この本は昨年の最後の一冊にと読み始めましたが、年明けまでかかってしまいました。
昨年の最後の一冊、今年の最初の一冊にふさわしい本でした。
1月18日、2017年の本屋大賞の一次投票の結果が発表され、ノミネート10作品が発表になります。今年も多くのいい本に出会えますように!

 

 

武は、殴られて腫れあがった足を引きずって歩く福二に肩を貸していた。すると、並んで歩いていた中年の中国人の男が中国語で話しかけてきた。「あんたたちは戦争に負けてこんなにひどい目に遭わされているが、なぜかわかるか」武がこたえられずにいると、男は言った。「あんたたちをこんなにひどい目に遭わせるのは、私たち中国人がこれまで、日本人にひどい目に遭わせられたからだ。今、あんたたち日本人が日本に帰ってしまったら、もう私たちが日本人に会うことは二度とない。だから私たちは今、あんたたちをひどい目に遭わせるのだ」そう言い放った男は、手になにも持っておらず、略奪に加わっていたわけではないようだった。武はうちのめされた。一言も言い返せず、男が頷いて立ち去るのを見送ることしかできなかった。(二十二)

 

 

「ぼくはあのときのことをずっと後悔してる」けれども、朋寿は美子から目をそらして言った。「別のやり方はなかったかと思ってる。ずっと思ってる。殴るんじゃなくて、なにか別のやり方。やればやられる。憎まれる。考え方がちがう、やり方がちがう、それで共和国は侵攻した。韓国はやり返した。そして祖国は分断したままだ。そうじゃなくて、そういう連鎖を断ち切るやり方。だからぼくは美子に会うのがこわかった。あんなやり方しかできなかった自分は、嫌われて当然だと思ってたから」美子は思いだした。土手の上で、朋寿が握っていた石。血がついた石を、朋寿は川に投げた。投げてしまっても、消えない。川に沈んで、きっとそこに今もある。朋寿が殴りつけた日本人の男の子たちの心の中にも。「人を守るってこわいことだと思う。ぽくは今も別のやり方を探してる。今度同じことがあったとき、まだぼくはどうしたらいいのかわからない」美子にもわからなかった。
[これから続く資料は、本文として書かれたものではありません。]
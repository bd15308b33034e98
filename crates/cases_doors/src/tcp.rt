//! A door over TCP, with peers in this very program.
ghost use Rattle.std.specs.Prelude.{◌≡◌, Some};

use crate::shown::{next_word, wrote_word};
use cases_rows::{as_text, heading, line};
use std::alloc::{AllocError, Global};
use std::io::Write;
use std::net::{Shutdown, TcpStream};
use std::time::Duration;
use std::{io, thread};
use wb_doors::{SystemSockets, TcpDoor};
use wb_outer::{Door, Got, Next, Wrote};

const ADDRESS: &str = "127.0.0.1:7878";

/// A peer that sends a text and nothing more.
fn peer(rt: &HostRuntime, text: &str) -> io::Result<TcpStream> {
    let mut peer = TcpStream::connect(rt, ADDRESS)?;
    peer.write_all(text.as_bytes())?;
    peer.shutdown(Shutdown::Write)?;
    Ok(peer)
}

/// A door that listens. It waits half a minute at most for another program to leave the port.
fn listening(rt: &HostRuntime) -> Option<TcpDoor<SystemSockets>> {
    let mut door = TcpDoor::new(rt);
    for _ in 0..300u16 {
        if door.listen() == Wrote::Done {
            return Some(door);
        }
        thread::sleep(rt, Duration::from_millis(100));
    }
    None
}

/// All that is left of the connection at hand, and whether its end came. The connection stays at hand.
fn read_all<D: Door>(alloc: Global, shown: &mut String, door: &mut D) -> Result<(), AllocError>
    requires { (D.told door.old).last ≡ Some Next.Line }
    ensures { (D.told door.new).last ≡ Some Next.Line }
{
    let mut bytes = Vec::new(alloc);
    let mut room = [0u8; 2];
    for _ in 0..100u8 {
        match door.read(&mut room) {
            Got::Bytes(count) => bytes.extend_from_slice(&room[..count])?,
            Got::End => {
                line(shown, "read", as_text(bytes.as_slice()))?;
                return line(shown, "read", "end");
            }
            Got::Failed => return line(shown, "read", "failed"),
        }
    }
    line(shown, "read", "too much")
}

/// Takes the next peer, reads all that it sends, and answers it.
fn push_peer<D: Door>(
    alloc: Global,
    shown: &mut String,
    door: &mut D,
    answer: &str,
) -> Result<(), AllocError> {
    let next = door.next();
    line(shown, "next", next_word(next))?;
    if next != Next::Line {
        return Ok(());
    }
    read_all(alloc, shown, door)?;
    let wrote = door.write(answer.as_bytes());
    line(shown, "write", wrote_word(wrote))
}

/// All that a peer was sent.
fn push_answer(alloc: Global, shown: &mut String, peer: TcpStream) -> Result<(), AllocError> {
    match io::read_to_string(alloc, peer) {
        Ok(answer) => line(shown, "peer", answer.as_str()),
        Err(_) => line(shown, "peer", "failed"),
    }
}

fn push_peers(
    rt: &HostRuntime,
    shown: &mut String,
    door: &mut TcpDoor<SystemSockets>,
) -> Result<(), AllocError> {
    let (Ok(first), Ok(second)) = (peer(rt, "hello"), peer(rt, "")) else {
        return line(shown, "peers", "failed");
    };
    push_peer(rt.alloc(), shown, door, "welcome")?;
    push_peer(rt.alloc(), shown, door, "")?;
    push_answer(rt.alloc(), shown, first)?;
    drop(second);
    Ok(())
}

/// A port is listened at by one door.
fn push_second(rt: &HostRuntime, shown: &mut String) -> Result<(), AllocError> {
    let mut second = TcpDoor::new(rt);
    line(shown, "second door", wrote_word(second.listen()))?;
    line(shown, "second door", next_word(second.next()))
}

pub fn push(rt: &HostRuntime, shown: &mut String) -> Result<(), AllocError> {
    heading(shown, "a door over TCP")?;
    match listening(rt) {
        Some(mut door) => {
            line(shown, "listen", "done")?;
            push_second(rt, shown)?;
            push_peers(rt, shown, &mut door)
        }
        None => line(shown, "listen", "failed"),
    }
}
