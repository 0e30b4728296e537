// What does not hold of a row.
use std::alloc::{AllocError, AllocFailed, Global};

/// Why a row does not hold.
#[derive(Drop)]
pub enum Unlike {
    /// Memory was wanted and not had.
    Memory,
    /// A value of the row has another form than its key wants.
    Form,
    /// A part of what a command leaves is another one.
    Part {
        part: String,
        wanted: Vec<u8>,
        came: Vec<u8>,
    },
}

impl From<AllocError> for Unlike {
    fn from(_: AllocError) -> Unlike {
        Unlike::Memory
    }
}

impl<T: Drop> From<AllocFailed<T>> for Unlike {
    fn from(_: AllocFailed<T>) -> Unlike {
        Unlike::Memory
    }
}

/// A part that is another one.
pub fn part_unlike(
    alloc: Global,
    part: &str,
    wanted: &[u8],
    came: &[u8],
) -> Result<Unlike, AllocError> {
    Ok(Unlike::Part {
        part: String::from_str(alloc, part)?,
        wanted: Vec::from_slice(alloc, wanted)?,
        came: Vec::from_slice(alloc, came)?,
    })
}

/// The same bytes.
pub fn is_same(alloc: Global, part: &str, wanted: &[u8], came: &[u8]) -> Result<(), Unlike> {
    if wanted == came {
        return Ok(());
    }
    Err(part_unlike(alloc, part, wanted, came)?)
}

/// The same number.
pub fn is_number(alloc: Global, part: &str, wanted: u64, came: u64) -> Result<(), Unlike> {
    if wanted == came {
        return Ok(());
    }
    let wanted = format!(in alloc; "{wanted}")?;
    let came = format!(in alloc; "{came}")?;
    Err(part_unlike(alloc, part, wanted.as_bytes(), came.as_bytes())?)
}
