// A row with what its group says for it.
use crate::keys::{FAILS, unknown_key};
use crate::unlike::Unlike;
use crate::value::{byte, list, numbers};
use toml::{Table, Value};

/// A row: its own keys, and those of its group for what it does not say itself.
#[derive(Clone, Copy)]
pub struct Row<'a> {
    pub group: &'a Table,
    pub own: &'a Table,
}

// What was read, of a value that has another form where nothing was.
fn read<T>(value: Option<T>) -> Result<T, Unlike> {
    match value {
        Some(value) => Ok(value),
        None => Err(Unlike::Form),
    }
}

impl<'a> Row<'a> {
    /// What the row says, or else its group.
    pub fn said(&self, key: &str) -> Option<&'a Value> {
        match self.own.get(key) {
            Some(value) => Some(value),
            None => self.group.get(key),
        }
    }

    /// A string.
    pub fn string(&self, key: &str, usual: &'a str) -> Result<&'a str, Unlike> {
        match self.said(key) {
            Some(value) => read(value.as_str()),
            None => Ok(usual),
        }
    }

    /// The items of a list, of which there are none where nothing is said.
    pub fn items(&self, key: &str) -> Result<&'a [Value], Unlike> {
        match self.said(key) {
            Some(value) => read(list(value)),
            None => Ok(&[]),
        }
    }

    /// The files that are left.
    pub fn left(&self) -> Result<Option<&'a Table>, Unlike> {
        match self.said("left") {
            Some(value) => Ok(Some(read(value.as_table())?)),
            None => Ok(None),
        }
    }

    /// The calls that fail.
    pub fn fails(&self) -> Result<Option<&'a Table>, Unlike> {
        match self.said("fails") {
            Some(value) => Ok(Some(table_of(value, FAILS)?)),
            None => Ok(None),
        }
    }

    /// How many reads, and how many writes, have failed.
    pub fn faults(&self) -> Result<(u64, u64), Unlike> {
        match self.said("faults") {
            Some(value) => read(numbers(value)),
            None => Ok((0, 0)),
        }
    }

    /// Whether the row says so.
    pub fn flag(&self, key: &str) -> Result<bool, Unlike> {
        match self.said(key) {
            Some(value) => read(value.as_bool()),
            None => Ok(false),
        }
    }
}

/// A table with no other keys than these.
pub fn table_of<'a>(value: &'a Value, keys: &[&str]) -> Result<&'a Table, Unlike> {
    let table = read(value.as_table())?;
    match unknown_key(table, keys) {
        Some(_) => Err(Unlike::Form),
        None => Ok(table),
    }
}

/// The status that is wanted of a command.
pub fn status_of(status: Option<&Value>) -> Result<u8, Unlike> {
    match status {
        Some(status) => read(byte(status)),
        None => Ok(0),
    }
}
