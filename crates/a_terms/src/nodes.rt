// Nodes of allocated terms.

use crate::types::AType;
use idx_core::Op;

/// What a value begins with: a variable by number, an integer, a block or a data tuple by its number.
#[derive(Clone, Copy, Drop)]
pub enum ABase {
    Var(u64),
    Int(i64),
    Label(u64),
    Data(u64),
}

/// What stands around a value: types that it is applied to, or a pack.
#[derive(Drop)]
pub enum AWrap {
    Apply(Vec<AType>),
    Pack { hidden: AType, shape: AType },
}

/// A value: what it begins with, and what is put round it, from the inside.
#[derive(Drop)]
pub struct AValue {
    pub base: ABase,
    pub wraps: Vec<AWrap>,
}

/// What a node is. Fields count from 1.
#[derive(Drop)]
pub enum AForm {
    Value,
    Proj(u64),
    Arith(Op),
    Unpack,
    Malloc(Vec<AType>),
    Init(u64),
    Call(Vec<AType>),
    If0,
    Halt,
}

/// A declaration or an end. What follows a declaration stands next; the two branches of an `if0` after one another.
#[derive(Drop)]
pub struct ANode {
    pub form: AForm,
    pub values: Vec<AValue>,
}

/// A block: how many types it owes, the types of its arguments, its body.
#[derive(Drop)]
pub struct ABlock {
    pub owes: u64,
    pub args: Vec<AType>,
    pub body: Vec<ANode>,
}

/// A data tuple: the values of its fields, with their types.
#[derive(Drop)]
pub struct AData {
    pub fields: Vec<(AValue, AType)>,
}
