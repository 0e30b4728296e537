// How many variables of a type are free, and that types have shift, put and below.
ghost use Rattle.idx_core.specs.Bound.{Tells};
ghost use Rattle.a_terms.specs.Read.{atree, atrees, afields};
ghost use Rattle.a_terms.specs.Tree.{ATy, AVar, over, each, ABelow, ABelow-types, ABelow-fields};
ghost use Rattle.a_terms.specs.TreeLaws.{a_part, a_over, a_is_below};

use crate::types::AType;
use crate::walks::{put_type, shift_type};
use idx_core::{OutOfMemory, Scoped, deeper, index_below};
use std::alloc::Global;

// Whether each free index of a type is less than the bound, where `None` is past every index.
#[cycle(below)]
fn type_below(t: &AType, bound: Option<u64>) -> bool
    ensures { Tells bound (λ n. ABelow n (atree t.now)) result }
{
    match t {
        AType::Int => true,
        AType::Var(i) => index_below(*i, bound),
        AType::Tuple(fs) => fields_below(fs, bound),
        AType::Code { owes, args } => all_below(args, deeper(bound, *owes)),
        AType::Exists(t) => type_below(t, deeper(bound, 1)),
    }
}

#[cycle(below)]
fn all_below(ts: &[AType], bound: Option<u64>) -> bool
    ensures { Tells bound (λ n. ABelow-types n (atrees ts.now)) result }
{
    for t in ts {
        if !type_below(t, bound) {
            return false;
        }
    }
    true
}

#[cycle(below)]
fn fields_below(fs: &[(AType, bool)], bound: Option<u64>) -> bool
    ensures { Tells bound (λ n. ABelow-fields n (afields fs.now)) result }
{
    for field in fs {
        if !type_below(&field.0, bound) {
            return false;
        }
    }
    true
}

impl Scoped for AType {
    type Part = AType;

    ghost Tree = { ATy };

    ghost PartTree = { ATy };

    ghost tree = { atree };

    ghost part_tree = { atree };

    ghost var = { AVar };

    ghost over_part = { over };

    ghost over = { over };

    ghost each_part = { each };

    ghost each = { each };

    fn shift(&self, alloc: Global, by: u64, cut: u64) -> Result<AType, OutOfMemory> {
        shift_type(alloc, self, by, cut)
    }

    fn put(&self, alloc: Global, at: u64, what: &AType) -> Result<AType, OutOfMemory> {
        put_type(alloc, self, what, at, at)
    }

    fn below(&self, n: u64) -> bool {
        type_below(self, Some(n))
    }

    ghost is_part = { a_part };

    ghost is_over = { a_over };

    ghost below_is = { a_is_below };
}
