// The commands of a row, each with what is wanted of it.
use crate::content::is_as_said;
use crate::files::{are_left, failing, files_before, is_scant};
use crate::keys::STEP;
use crate::row::{Row, status_of, table_of};
use crate::scant::{RowFiles, RowSink};
use crate::text::bytes_of;
use crate::unlike::{Unlike, is_number, is_same, part_unlike};
use io_core::MemSink;
use std::alloc::{AllocError, Global};
use talc_core::talc;
use toml::{Table, Value};

// The words of a command line behind the program's own name; where there is no line, there are no words at all.
fn words_of(alloc: Global, line: Option<&str>) -> Result<Vec<String>, AllocError> {
    let mut words = Vec::new(alloc);
    let Some(line) = line else {
        return Ok(words);
    };
    words.push(String::from_str(alloc, "talc")?)?;
    for word in line.split_whitespace() {
        words.push(String::from_str(alloc, word)?)?;
    }
    Ok(words)
}

// A command, and what is wanted of it.
#[derive(Clone, Copy)]
struct Command<'a> {
    words: Option<&'a str>,
    status: u8,
    out: Option<&'a Value>,
    err: Option<&'a Value>,
    any_err: bool,
}

// The two outputs of a command.
#[derive(Drop)]
struct Outputs {
    out: RowSink,
    err: RowSink,
}

// What is wanted on the error output.
fn is_told(alloc: Global, command: &Command, came: &[u8]) -> Result<(), Unlike> {
    let wanted = bytes_of(alloc, command.err)?;
    if !command.any_err {
        return is_same(alloc, "error output", &wanted, came);
    }
    if came.is_empty() {
        return Err(part_unlike(alloc, "error output", b"something", b"")?);
    }
    Ok(())
}

// What is wanted on the output.
fn is_shown(alloc: Global, command: &Command, came: &[u8]) -> Result<(), Unlike> {
    let wanted = bytes_of(alloc, command.out)?;
    is_same(alloc, "output", &wanted, came)
}

// What came of a command is what is wanted of it.
fn is_answer(
    alloc: Global,
    command: &Command,
    outputs: &Outputs,
    status: u8,
) -> Result<(), Unlike> {
    is_told(alloc, command, outputs.err.sink.taken())?;
    is_shown(alloc, command, outputs.out.sink.taken())?;
    is_number(
        alloc,
        "status",
        u64::from(command.status),
        u64::from(status),
    )
}

// Does the command over the files and these outputs.
fn does(
    alloc: Global,
    files: &mut RowFiles,
    mut outputs: Outputs,
    command: &Command,
) -> Result<(), Unlike> {
    let words = words_of(alloc, command.words)?;
    let status = talc(alloc, &words, files, &mut outputs.out, &mut outputs.err);
    is_answer(alloc, command, &outputs, status.number())
}

// A command that is done before that of the row.
fn step_of(step: &Table) -> Result<Command<'_>, Unlike> {
    let words = match step.get("words") {
        Some(words) => words.as_str(),
        None => None,
    };
    match words {
        Some(words) => Ok(Command {
            words: Some(words),
            status: status_of(step.get("status"))?,
            out: step.get("out"),
            err: step.get("err"),
            any_err: false,
        }),
        None => Err(Unlike::Form),
    }
}

// An output whose puts fail that the list names.
fn output(alloc: Global, failing: Vec<(u64, u64)>, scant: bool) -> RowSink {
    RowSink {
        sink: MemSink::new(alloc, failing),
        scant,
        wants: 0,
    }
}

fn does_step(alloc: Global, files: &mut RowFiles, step: &Value) -> Result<(), Unlike> {
    let command = step_of(table_of(step, STEP)?)?;
    let out = output(alloc, Vec::new(alloc), false);
    let err = output(alloc, Vec::new(alloc), false);
    does(alloc, files, Outputs { out, err }, &command)
}

// Does the commands before that of the row.
fn does_first(alloc: Global, files: &mut RowFiles, row: &Row) -> Result<(), Unlike> {
    for step in row.items("first")? {
        does_step(alloc, files, step)?;
    }
    Ok(())
}

fn command_of<'a>(row: &Row<'a>) -> Result<Command<'a>, Unlike> {
    Ok(Command {
        words: if row.flag("bare")? {
            None
        } else {
            Some(row.string("words", "")?)
        },
        status: status_of(row.said("status"))?,
        out: row.said("out"),
        err: row.said("err"),
        any_err: row.flag("any_err")?,
    })
}

// Does the command of the row.
fn does_own(alloc: Global, files: &mut RowFiles, row: &Row) -> Result<(), Unlike> {
    let command = command_of(row)?;
    let out = output(alloc, failing(alloc, row, "out")?, is_scant(row, "out")?);
    let err = output(alloc, failing(alloc, row, "err")?, is_scant(row, "err")?);
    does(alloc, files, Outputs { out, err }, &command)
}

// The row holds over these files.
fn holds(alloc: Global, files: &mut RowFiles, row: &Row) -> Result<(), Unlike> {
    does_first(alloc, files, row)?;
    does_own(alloc, files, row)?;
    are_left(alloc, &files.files, row)?;
    is_as_said(alloc, &files.files, row)
}

/// The row holds.
pub fn check(alloc: Global, row: &Row) -> Result<(), Unlike> {
    let mut files = RowFiles {
        files: files_before(alloc, row)?,
        scant: is_scant(row, "files")?,
    };
    holds(alloc, &mut files, row)
}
(三十六)

 

 

茉莉はある日、スタッフがこどもたちの髪を切っている間、園庭でこどもたちと遊んだ。一番小さい子は二歳ぐらいだった。大きいお兄ちゃんやお姉ちゃんに挟まれ、その女の子は転んだ。泣くだろうと思ってそばに寄っていったが、女の子は泣かず、自分で立ちあがった。茉莉はのばした手を引っ込めた。「あの子はどういう子なんですか。小さいのにずいぶん強い子ですね」茉莉が施設の職員に訊ねると、中年の女性職員は「ああ」と頷いた。「生まれたときからここにいる子なんですよ。捨てられてたので身寄りがない子で。強いというか、泣かないんですね。手がかからない、いい子ですよ」茉莉はおどろいて職員の顔を見た。泣かないから手がかからない、いい子。茉莉にはちがうとわかった。茉莉は女の子のそばに行ってわらいかけた。女の子はひざをすりむいていた。真っ赤な血がにじみ、珊瑚の粒のように丸く光っていた。ああ、この子は泣くことを忘れている。茉莉にはわかった。焼け跡にいた、自分みたいに。茉莉は女の子のそばにしゃがみ、その顔を見上げた。女の子の大きな澄んだ目は、まばたきもしなかった。「痛いでしょう」茉莉は訊いたが、女の子は茉莉の目をみつめかえすばかりだった。「泣かなきゃだめよ」茉莉は言っていた。この子は泣かなくてはいけない。この子を泣かせたい。「お名前はなんていうの?」「うたこ」歌子は答えた。茉莉は歌子を引き取った。それからうたと呼んで育てた。(四十一)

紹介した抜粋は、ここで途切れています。